We are very excited to continue our U35 reading series virtually this July on Zoom! Join us on the 20th to hear from a stunning set of features: Dennis James Sweeney, Jack Giaour, Kylie Gellatly, and Meia Geddes. Please RSVP by getting your free ticket on our Eventbrite page.
U35 is a bi-monthly reading series for poets under 35. The series seeks to promote and bolster young Massachusetts poets while giving them a venue to share their work and connect with other poets.

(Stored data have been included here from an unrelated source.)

//! A node that built item by item, as its bytes.

ghost use Rattle.std.specs.Prelude.{◌≡◌, ◌≤◌, ◌<◌, ◌+◌, ◌^◌, ◌++◌, ◌∷◌, [], drop, length, OnOk, OnErr, IfOk};
ghost use Rattle.tuple_codec.specs.Nodes.{IsItem, Node, header_bytes, item_bytes, items_bytes, leaf_item, node_bytes};
ghost use Rattle.tuple_codec.specs.Trees.{last_key};

use crate::writing::{kind_of, push_name, push_row};
use std::alloc::{AllocError, Global};
use std::marker::Model;
use tuple_codec::Address;

/// For how many bytes a new node has room.
const ROOM: usize = 8192;

/// A node that built, in its bytes.
#[derive(Drop)]
pub struct NodeBuilder {
    level: u8,
    count: u16,
    bytes: Vec<u8>,
    key_start: u32,
    key_size: u32,
}

impl Model for NodeBuilder {
    ghost use Rattle.tuple_codec.specs.Nodes.{Node};
    ghost use Rattle.node_format.specs.Building.{IsBuilt, items_after};

    ghost Value = { Node };

    ghost view = { λ n. record { level = n.level; items = items_after n.level n.count n.bytes.items } };

    ghost invariant = { λ n. IsBuilt n.level n.count n.bytes.items n.key_start n.key_size };
}

impl NodeBuilder {
    /// A node without an item: a leaf at level 0, else an inner node.
    pub fn new(alloc: Global, level: u8) -> Result<NodeBuilder, AllocError>
        ensures { IfOk result (λ node. node ≡ record { level = level; items = [] }) }
    {
        let mut bytes = Vec::with_capacity(alloc, ROOM)?;
        bytes.extend_from_slice(&[kind_of(level), level, 0, 0])?;
        Ok(NodeBuilder {
            level,
            count: 0,
            bytes,
            key_start: 4,
            key_size: 0,
        })
    }

    /// How many bytes the node has so far.
    pub fn size(&self) -> usize
        ensures { result ≡ 4 + length (items_bytes self.now.level self.now.items) }
    {
        self.bytes.len()
    }

    /// How many items the node has so far.
    pub fn count(&self) -> u16
        ensures { result ≡ length self.now.items }
    {
        self.count
    }

    /// The key of the last item; empty where there is none.
    pub fn last_key(&self) -> &[u8]
        ensures { result.now ≡ last_key self.now.items }
    {
        let start = self.key_start as usize;
        &self.bytes[start..start + self.key_size as usize]
    }

    /// Adds a row to a leaf; its key isn't compared with those before it.
    pub fn push_row(&mut self, key: &[u8], value: &[u8]) -> Result<(), AllocError>
        requires leaf { self.old.level ≡ 0 }
        requires item { IsItem 0 (leaf_item key.now value.now) }
        requires few { length self.old.items + 1 < 2 ^ 16 }
        requires small { length (items_bytes 0 self.old.items) + length (item_bytes 0 (leaf_item key.now value.now)) ≤ 65532 }
        ensures ok { OnOk result (self.new.items ≡ self.old.items ++ leaf_item key.now value.now ∷ []) }
        ensures err { OnErr result (self.new.items ≡ self.old.items) }
        ensures level { self.new.level ≡ self.old.level }
    {
        let start = self.bytes.len();
        match push_row(&mut self.bytes, key, value) {
            Ok(()) => {
                self.count += 1;
                put_header(&mut self.bytes, self.level, self.count);
                self.key_start = start as u32 + 2;
                self.key_size = key.len() as u32;
                Ok(())
            }
            Err(error) => {
                self.bytes.truncate(start);
                Err(error)
            }
        }
    }

    /// Adds a name to an inner node; its key isn't compared with those before it.
    pub fn push_name(&mut self, key: &[u8], address: &Address, rows: u64) -> Result<(), AllocError>
        requires inner { 0 < self.old.level }
        requires item { IsItem 1 (record { key = key.now; body = address.now.0; rows = rows }) }
        requires few { length self.old.items + 1 < 2 ^ 16 }
        requires small { length (items_bytes self.old.level self.old.items) ≤ 65532 }
        ensures ok { OnOk result (self.new.items ≡ self.old.items ++ record { key = key.now; body = address.now.0; rows = rows } ∷ []) }
        ensures err { OnErr result (self.new.items ≡ self.old.items) }
        ensures level { self.new.level ≡ self.old.level }
    {
        let start = self.bytes.len();
        match push_name(&mut self.bytes, key, address, rows) {
            Ok(()) => {
                self.count += 1;
                put_header(&mut self.bytes, self.level, self.count);
                self.key_start = start as u32 + 2;
                self.key_size = key.len() as u32;
                Ok(())
            }
            Err(error) => {
                self.bytes.truncate(start);
                Err(error)
            }
        }
    }

    /// Moves an inner node to another level above the leaves: its items' bytes are the same there.
    pub fn set_level(&mut self, level: u8)
        requires inner { 0 < self.old.level }
        requires above { 0 < level }
        ensures { self.new ≡ record { level = level; items = self.old.items } }
    {
        put_header(&mut self.bytes, level, self.count);
        self.level = level;
    }

    /// The node's bytes, as [`write_leaf`](crate::write_leaf) and [`write_inner`](crate::write_inner) would give them.
    pub fn bytes(&self) -> &[u8]
        ensures { result.now ≡ node_bytes self.now }
    {
        &self.bytes
    }

    /// Takes all items out, and keeps the room.
    pub fn clear(&mut self)
        ensures { self.new ≡ record { level = self.old.level; items = [] } }
    {
        self.bytes.truncate(4);
        self.count = 0;
        put_header(&mut self.bytes, self.level, 0);
        self.key_start = 4;
        self.key_size = 0;
    }
}

/// Writes a header over the one that stands there.
fn put_header(bytes: &mut Vec<u8>, level: u8, count: u16)
    requires { 4 ≤ length bytes.old.items }
    ensures { bytes.new.items ≡ header_bytes level count ++ drop 4 bytes.old.items }
{
    let [high, low] = count.to_be_bytes();
    bytes[0] = kind_of(level);
    bytes[1] = level;
    bytes[2] = high;
    bytes[3] = low;
}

Dennis James Sweeney is the author of In the Antarctic Circle, winner of the 2020 Autumn House Rising Writer Prize, as well as four chapbooks, including Ghost/Home: A Beginner's Guide to Being Haunted. His poems have appeared in The New York Times, Prelude, Poor Claudia, Quarterly West, and Territory, among others. A Small Press Editor of Entropy, he has an MFA from Oregon State University and a PhD from the University of Denver. Originally from Cincinnati, he lives in Amherst, Massachusetts.
Jack Giaour (he/him/his) pays his rent as a freelance ghostwriter. He has an MFA from Chapman University in Southern California, and his poems have appeared or are forthcoming in Mantis, Cardinal Sins, and [PANK], among other journals. He currently lives in Beverly, Massachusetts.

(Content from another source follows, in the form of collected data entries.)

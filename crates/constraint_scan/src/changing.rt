//! The refusal of a statement, told by the rows that it changed.

ghost use Rattle.std.specs.Prelude.{◌≡◌, ◌&&◌, ℕ, List, Ok, IfOk};
ghost use Rattle.std.specs.List.{list_any};
ghost use Rattle.std.specs.Option.{option_map};
ghost use Rattle.tuple_codec.specs.Rows.{key_of, same_cells};
ghost use Rattle.schema_model.specs.PlainTables.{NamedTable, PlainDatabase, PlainTable};
ghost use Rattle.chunk_store.specs.Chunks.{Chunks};
ghost use Rattle.chunk_store.specs.Drafts.{chunks_of};
ghost use Rattle.plain_sql.specs.Plans.{meaning};
ghost use Rattle.plain_writes.specs.CheckTexts.{checks};
ghost use Rattle.plain_writes.specs.Violations.{breaks_check, is_false, parent_keys, same_types, types_at};
ghost use Rattle.table_root.specs.Standing.{IsTableOf};
ghost use Rattle.constraint_scan.specs.Changed.{is_failed, is_missed, is_missed_row, is_orphan, is_orphan_by, is_repeated, repeats_by};
ghost use Rattle.constraint_scan.specs.Pairs.{ArePairs, HavePairs, IsPair, come_of, deserts, some_come, some_deserts, told_by_pairs};

use crate::cells::{is_whole, places_of, types_at, widened};
use crate::pairing::{Pair, rows_that_came};
use crate::seeking::{has_child, has_parent_key, is_repeated};
use chunk_store::Draft;
use expr_eval::BoundExpr;
use plain_sql::{Refused, ask, cells_at};
use plain_writes::{check_of, own_scope, same_types};
use schema_model::{CheckDef, ForeignKey, Schema};
use std::alloc::{AllocError, Global};
use table_root::StoredTable;
use tuple_codec::{Digester, Row, Value, key_of};
use violation_lists::CanonicalChecks;

/// Whether the table that a foreign key names is there and has this key. There are few tables, so the calls don't go deep.
fn leads_to<D: Digester>(
    alloc: Global,
    draft: &Draft<D>,
    pairs: &[Pair],
    schema: &Schema,
    foreign: &ForeignKey,
    key: &Row,
) -> Result<bool, AllocError>
    requires { HavePairs D.address (chunks_of draft.now.chunks) pairs.now }
    ensures { (before after : PlainDatabase) → ArePairs D.address (chunks_of draft.now.chunks) pairs.now before after
        → IfOk result (λ found. found ≡ list_any (same_cells key.now) (parent_keys after schema.now foreign.now)) }
{
    let [first, rest @ ..] = pairs else {
        return Ok(false);
    };
    let found = first.name.is(foreign.parent.as_slice());
    if found {
        return has_parent_key(alloc, draft, &first.new, schema, foreign, key);
    }
    leads_to(alloc, draft, rest, schema, foreign, key)
}

/// Whether a row has a whole key that leads to no parent.
fn is_orphan_by<D: Digester>(
    alloc: Global,
    draft: &Draft<D>,
    pairs: &[Pair],
    schema: &Schema,
    foreign: &ForeignKey,
    row: &[Value],
) -> Result<bool, AllocError>
    requires { HavePairs D.address (chunks_of draft.now.chunks) pairs.now }
    ensures { (before after : PlainDatabase) → ArePairs D.address (chunks_of draft.now.chunks) pairs.now before after
        → IfOk result (λ found. found ≡ is_orphan_by after schema.now row.now foreign.now) }
{
    let key = key_of(alloc, foreign.columns.as_slice(), row)?;
    if is_whole(key.as_slice()) {
        let found = leads_to(alloc, draft, pairs, schema, foreign, &key)?;
        Ok(!found)
    } else {
        Ok(false)
    }
}

/// The same by any of these foreign keys.
fn is_orphan_by_any<D: Digester>(
    alloc: Global,
    draft: &Draft<D>,
    pairs: &[Pair],
    schema: &Schema,
    keys: &[ForeignKey],
    row: &[Value],
) -> Result<bool, AllocError>
    requires { HavePairs D.address (chunks_of draft.now.chunks) pairs.now }
    ensures { (before after : PlainDatabase) → ArePairs D.address (chunks_of draft.now.chunks) pairs.now before after
        → IfOk result (λ found. found ≡ list_any (is_orphan_by after schema.now row.now) keys.now) }
{
    let [first, rest @ ..] = keys else {
        return Ok(false);
    };
    let found = is_orphan_by(alloc, draft, pairs, schema, first, row)?;
    if found {
        return Ok(true);
    }
    is_orphan_by_any(alloc, draft, pairs, schema, rest, row)
}

/// Whether some row of these is an orphan by some foreign key.
fn has_orphan<D: Digester>(
    alloc: Global,
    draft: &Draft<D>,
    pairs: &[Pair],
    schema: &Schema,
    rows: &[Row],
) -> Result<bool, AllocError>
    requires { HavePairs D.address (chunks_of draft.now.chunks) pairs.now }
    ensures { (before after : PlainDatabase) → ArePairs D.address (chunks_of draft.now.chunks) pairs.now before after
        → IfOk result (λ found. found ≡ list_any (λ row. list_any (is_orphan_by after schema.now row) schema.now.foreign) rows.now) }
{
    let keys = schema.foreign.as_slice();
    for row in rows {
        if is_orphan_by_any(alloc, draft, pairs, schema, keys, row.as_slice())? {
            return Ok(true);
        }
    }
    Ok(false)
}

/// Whether some row that came to one of these tables is an orphan.
fn some_orphan<D: Digester>(
    alloc: Global,
    draft: &Draft<D>,
    pairs: &[Pair],
    tables: &[Pair],
) -> Result<bool, AllocError>
    requires pairs { HavePairs D.address (chunks_of draft.now.chunks) pairs.now }
    requires tables { HavePairs D.address (chunks_of draft.now.chunks) tables.now }
    ensures { (before after old new : PlainDatabase) → ArePairs D.address (chunks_of draft.now.chunks) pairs.now before after
        → ArePairs D.address (chunks_of draft.now.chunks) tables.now old new → IfOk result (λ found. found ≡ some_come (is_orphan after) old new) }
{
    let [first, rest @ ..] = tables else {
        return Ok(false);
    };
    let found = has_orphan(
        alloc,
        draft,
        pairs,
        &first.new.schema,
        first.come.as_slice(),
    )?;
    if found {
        return Ok(true);
    }
    some_orphan(alloc, draft, pairs, rest)
}

/// Whether a row breaks some unique index of its table.
fn is_repeated_by_any<D: Digester>(
    alloc: Global,
    draft: &Draft<D>,
    table: &StoredTable,
    row: &[Value],
) -> Result<bool, AllocError>
    requires { (contents : PlainTable) × IsTableOf D.address (chunks_of draft.now.chunks) table.now contents }
    ensures { (contents : PlainTable) → IsTableOf D.address (chunks_of draft.now.chunks) table.now contents
        → IfOk result (λ found. found ≡ list_any (repeats_by contents row.now) contents.schema.indexes) }
{
    let indexes = table.schema.indexes.as_slice();
    for (place, index) in indexes.iter().enumerate() {
        if index.unique && is_repeated(alloc, draft, table, place, row)? {
            return Ok(true);
        }
    }
    Ok(false)
}

/// Whether some row of these breaks a unique index of the table.
fn has_repeated<D: Digester>(
    alloc: Global,
    draft: &Draft<D>,
    table: &StoredTable,
    rows: &[Row],
) -> Result<bool, AllocError>
    requires { (contents : PlainTable) × IsTableOf D.address (chunks_of draft.now.chunks) table.now contents }
    ensures { (contents : PlainTable) → IsTableOf D.address (chunks_of draft.now.chunks) table.now contents
        → IfOk result (λ found. found ≡ list_any (λ row. list_any (repeats_by contents row) contents.schema.indexes) rows.now) }
{
    for row in rows {
        if is_repeated_by_any(alloc, draft, table, row.as_slice())? {
            return Ok(true);
        }
    }
    Ok(false)
}

/// Whether some row that came to one of these tables breaks a unique index.
fn some_repeated<D: Digester>(
    alloc: Global,
    draft: &Draft<D>,
    tables: &[Pair],
) -> Result<bool, AllocError>
    requires { HavePairs D.address (chunks_of draft.now.chunks) tables.now }
    ensures { (old new : PlainDatabase) → ArePairs D.address (chunks_of draft.now.chunks) tables.now old new → IfOk result (λ found. found ≡ some_come is_repeated old new) }
{
    let [first, rest @ ..] = tables else {
        return Ok(false);
    };
    let found = has_repeated(alloc, draft, &first.new, first.come.as_slice())?;
    if found {
        return Ok(true);
    }
    some_repeated(alloc, draft, rest)
}

fn is_false(value: &Value) -> bool
    ensures { result ≡ is_false (Ok value.now) }
{
    match value {
        Value::Bool(bit) => !*bit,
        _ => false,
    }
}

/// Whether a row breaks a CHECK: the condition is false there; out of range isn't false.
fn breaks_check(alloc: Global, check: &Option<BoundExpr>, row: &Row) -> Result<bool, AllocError>
    ensures { IfOk result (λ breaks. breaks ≡ breaks_check (option_map meaning check.now) row.now) }
{
    match check {
        Some(check) => match ask(alloc, check, row) {
            Ok(value) => Ok(is_false(&value)),
            Err(Refused::Memory) => Err(AllocError),
            Err(Refused::By(_)) => Ok(false),
        },
        None => Ok(false),
    }
}

/// Whether some row of these breaks a CHECK.
fn has_failed(alloc: Global, check: &Option<BoundExpr>, rows: &[Row]) -> Result<bool, AllocError>
    ensures { IfOk result (λ found. found ≡ list_any (breaks_check (option_map meaning check.now)) rows.now) }
{
    for row in rows {
        if breaks_check(alloc, check, row)? {
            return Ok(true);
        }
    }
    Ok(false)
}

Kylie Gellatly is the author of The Fever Poems, forthcoming from Finishing Line Press (Summer 2021). Her poetry has appeared or is forthcoming in Action Spectacle, Counterclock, DIAGRAM, Iterant Magazine, Gasher, La Vague Journal, Feral, Petrichor, Literary North, SWWIM, and elsewhere. Kylie is the Book Reviews Editor for Green Mountains Review, Editor-in-Chief of Mount Holyoke Review, and is a Frances Perkins Scholar at Mount Holyoke College. For more, visit www.kyliegellatly.com
Meia Geddes grew up in California and came to the east coast to attend college at Brown University. After college, she went to live and work in South Africa for about a year thanks to a Fulbright grant. She then came to Boston for her master's in library and information science at Simmons, and is now a librarian at the Boston Public Library. She has written two books, The Little Queen and Love Letters to the World, and is working on a third called Little World Forms: Experiments in Sentence-Level Utopias.